Ao afirmar que Mendes está "destruindo a credibilidade da Justiça brasileira", Barbosa deflagrou um processo ou desnudou a crise institucional e (de identidade) da mais alta corte dos pais? Independente do caráter notadamente pessoal do embate entre os dois ministros, ele não revelaria a erosão de legitimidade de um Poder que, ao se submeter a imperativos político-partidários, relegou a um plano secundário seu papel constitucional?
Quando o presidente do STF se apresenta, sem que ninguém tenha lhe delegado tal função, como artífice de "um novo pacto republicano", estamos diante do quê? De um magistrado para quem o texto normativo é apenas uma moldura suscetível a várias interpretações ou de um ativista que põe em risco a própria noção de Estado Democrático de Direito?
Gilmar Mendes tem se notabilizado por um sentimento de urgência no que julga ser seu principal papel como magistrado: dar sustentação jurídica às teses da oposição parlamentar no combate ao governo Lula. Mas o faz de forma tão atabalhoada que constrange até mesmo os "bons companheiros".
Nessa empreitada tem sido alvo de crítica até de contumazes articulistas da grande imprensa, uma vez que o primarismo de suas manifestações revela, e expõe ao ridículo, uma estratégia traçada para se manter ativa até 2010. Não foi por outro motivo, que, há algum tempo, o jornalista Elio Gaspari escreveu em sua coluna dominical.
"O ministro Gilmar Mendes, presidente do STF, precisa decidir qual é seu lugar no estádio.

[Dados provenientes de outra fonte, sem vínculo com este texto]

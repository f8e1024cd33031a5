//! `rebase`: a changeset in hex, rebased over the rebase blob of the next line.

ghost use Rattle.std.specs.Prelude.{◌≡◌, ◌⊎◌, [], ◌∷◌, List, IfErr, IfOk, OnOk};
ghost use Rattle.cs_blob.specs.Spelling.{FitsBlob, blob_spelling};
ghost use Rattle.cs_blob.specs.declared.blob.BlobGroup.{BlobGroup as Conflicts};
ghost use Rattle.cs_change.specs.Spelling.{FitsChangeset, changeset_spelling};
ghost use Rattle.cs_change.specs.declared.group.Group.{Group as Changes};
ghost use Rattle.cs_group.specs.Combined.{IsCombined};
ghost use Rattle.cs_column_bytes.specs.Steps.{heads_behind};
ghost use Rattle.cs_tools.specs.Endings.{Ends};
ghost use Rattle.cs_tools.specs.RebasedLine.{heads_of_both, IsNotRebased, IsRebased, Rebases, RebasesLines, RefusesToRebase};
ghost use Rattle.cs_tools.specs.SpelledLine.{Spells};
ghost use Rattle.cs_tools.specs.WrittenForm.{IsNotWritten, SpellsIn};
ghost use Rattle.cs_tools.specs.CombinedLines.{AreNotCombined};
ghost use Rattle.cs_tools.specs.Faults.{AreBadBytes};
ghost use Rattle.cs_tools.specs.declared.fault.ToolFault.TheVariants.{Memory as NoMemory};
ghost use Rattle.cs_blob.specs.Reading.{IsBlobFault};
ghost use Rattle.cs_changeset.specs.Reading.{IsChangesetFault};

use crate::fault::ToolFault;
use crate::input::next_or_empty;
use crate::output::end_with_line;
use crate::tool::Form;
use crate::written::{spelled_for_sqlite, spelled_normal};
use cs_blob::BlobGroup;
use cs_changeset::{Changeset, Group};
use cs_column_bytes::{Header, put_headers};
use cs_group::lend_alone;
use cs_lines::{LineInput, LineOutput};
use cs_normal::Normal;
use cs_normalising::LentNormal;
use cs_rebaser::Rebaser;
use cs_value::Memory;
use std::alloc::Global;

/// The changeset that these bytes spell.
fn read_local(alloc: Global, bytes: &[u8]) -> Result<Changeset<'_>, ToolFault>
    ensures ok { IfOk result (Spells FitsChangeset changeset_spelling bytes.now) }
    ensures err { IfErr result (λ told. (told ≡ NoMemory) ⊎ AreBadBytes IsChangesetFault bytes.now told) }
{
    Ok(cs_changeset::read(alloc, bytes)?)
}

/// The normal form of a changeset by the catalog of its own headers.
fn lend_local<'b, 'a>(
    alloc: Global,
    changeset: &'b Changeset<'a>,
) -> Result<LentNormal<'b, 'a>, ToolFault>
    requires { FitsChangeset changeset.now }
    ensures ok { IfOk result (IsCombined (changeset.now ∷ [])) }
    ensures err { IfErr result (λ told. (told ≡ NoMemory) ⊎ AreNotCombined (changeset.now ∷ []) told) }
{
    Ok(lend_alone(alloc, changeset)?)
}

/// The rebaser of the blob that these bytes spell, and the local changeset rebased over it.
fn rebased_over<'a>(
    alloc: Global,
    local: LentNormal<'_, '_>,
    bytes: &'a [u8],
) -> Result<(Rebaser<'a>, Normal), ToolFault>
    ensures ok { IfOk result (λ made. Spells FitsBlob blob_spelling bytes.now made.0 × IsRebased made.0 local.entry made.1) }
    ensures err { IfErr result (λ told. (told ≡ NoMemory) ⊎ AreBadBytes IsBlobFault bytes.now told
        ⊎ ((blob : List Conflicts) × Spells FitsBlob blob_spelling bytes.now blob × IsNotRebased blob local.entry told)) }
{
    let blob = cs_blob::read(alloc, bytes)?;
    let rebaser = match Rebaser::configure(alloc, blob) {
        Ok(rebaser) => rebaser,
        Err((_blob, fault)) => return Err(ToolFault::from(fault)),
    };
    let made = rebaser.rebase(alloc, local)?;
    Ok((rebaser, made))
}

/// The headers of a changeset, and those of a rebase blob behind them.
fn headers_of_both<'a>(
    alloc: Global,
    groups: &'a [Group<'_>],
    blob: &'a [BlobGroup<'_>],
) -> Result<Vec<Header<'a>>, Memory>
    ensures { IfOk result (λ headers. heads_behind headers.items ≡ heads_of_both groups.now blob.now) }
{
    let mut headers = Vec::new(alloc);
    put_headers(groups, &mut headers)?;
    put_headers(blob, &mut headers)?;
    Ok(headers)
}

/// The spelling, in this form, of a changeset that was rebased, by the headers of what came in.
fn spelled_in(
    alloc: Global,
    form: Form,
    rebased: &Normal,
    groups: &[Group<'_>],
    blob: &[BlobGroup<'_>],
) -> Result<Vec<u8>, ToolFault>
    ensures ok { IfOk result (λ bytes. SpellsIn form (heads_of_both groups.now blob.now) rebased.now bytes.items) }
    ensures err { IfErr result (λ told. (told ≡ NoMemory) ⊎ IsNotWritten form (heads_of_both groups.now blob.now) told) }
{
    match form {
        Form::Normal => spelled_normal(alloc, rebased),
        Form::Sqlite => {
            let headers = headers_of_both(alloc, groups, blob)?;
            spelled_for_sqlite(alloc, rebased, headers.as_slice())
        }
    }
}

/// The spelling, in this form, of the changeset of the next line, rebased over the blob of the line behind it. The first line
/// is judged whole before the second is read.
fn rebased_bytes<R: LineInput>(
    alloc: Global,
    form: Form,
    reader: &mut R,
) -> Result<Vec<u8>, ToolFault>
    ensures ok { IfOk result (λ bytes. Rebases form (R.remaining reader.old) (R.remaining reader.new) bytes.items) }
    ensures err { IfErr result (RefusesToRebase form (R.failed reader.new) (R.remaining reader.old) (R.remaining reader.new)) }
{
    let changeset = next_or_empty(alloc, reader)?;
    let groups = read_local(alloc, changeset.as_slice())?;
    let local = lend_local(alloc, &groups)?;
    let blob = next_or_empty(alloc, reader)?;
    let (rebaser, rebased) = rebased_over(alloc, local, blob.as_slice())?;
    spelled_in(alloc, form, &rebased, groups.as_slice(), rebaser.blob())
}

/// Runs `Tool::Rebase`.
pub fn rebase_lines<R: LineInput, W: LineOutput>(
    alloc: Global,
    form: Form,
    reader: &mut R,
    writer: &mut W,
) -> Result<(), ToolFault>
    ensures ends { Ends (RebasesLines form (R.remaining reader.old) (R.remaining reader.new))
        (RefusesToRebase form (R.failed reader.new) (R.remaining reader.old) (R.remaining reader.new))
        (W.failed writer.new) (W.contents writer.old) (W.contents writer.new) result }
    ensures sent { OnOk result (W.sent writer.new) }
{
    let bytes = rebased_bytes(alloc, form, reader);
    end_with_line(bytes, writer)
}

Ele pode ficar na tribuna de honra, de toga, lendo votos capazes de servir de lição. Pode também vestir as camisas dos times de sua preferência, indo disputar a bola no gramado. Não pode fazer as duas coisas".
Sempre que, com total apoio de editores e colunistas, Mendes ignora a individualidade harmônica dos Poderes ? como fez com o Legislativo, recentemente, mandando tirar da página da TV Câmara um programa que contrariava seus interesses ? qual a hierarquia de princípios que ilumina suas disposições pessoais? A ideia de uma Justiça que se exerce em nome de toda a nação ou o arcabouço legal que privilegia grupos e estamentos particulares? Ao atacar frontalmente movimentos sociais como o MST, o presidente do Supremo Tribunal Federal age como magistrado ou preposto de velhas pretensões oligárquicas?
Sabemos que as classes dominantes brasileiras gostam de falar uma linguagem liberal enquanto exercem formas autoritárias de governo. Se há de fato uma ação orquestrada desestabilizadora, sua novidade estaria no novo arranjo do poder, com a crescente primazia do Judiciário tentando anular o poder Legislativo e Executivo. Repete-se a história de sempre: os ideais "republicanos" de alguns setores sucumbem aos velhos artifícios autoritários já testados.
A denúncia do ministro Joaquim Barbosa guarda um paralelo com o papel desempenhado pelo menino que revelou a nudez real no famoso conto de Hans Christian Andersen. À sociedade cabe avaliar o papel dos tecelões. Deve lançar um olhar atento sobre tecidos, teares e jogos de espelho com que é construída a democracia brasileira. Ou, muitas vezes, desconstruída.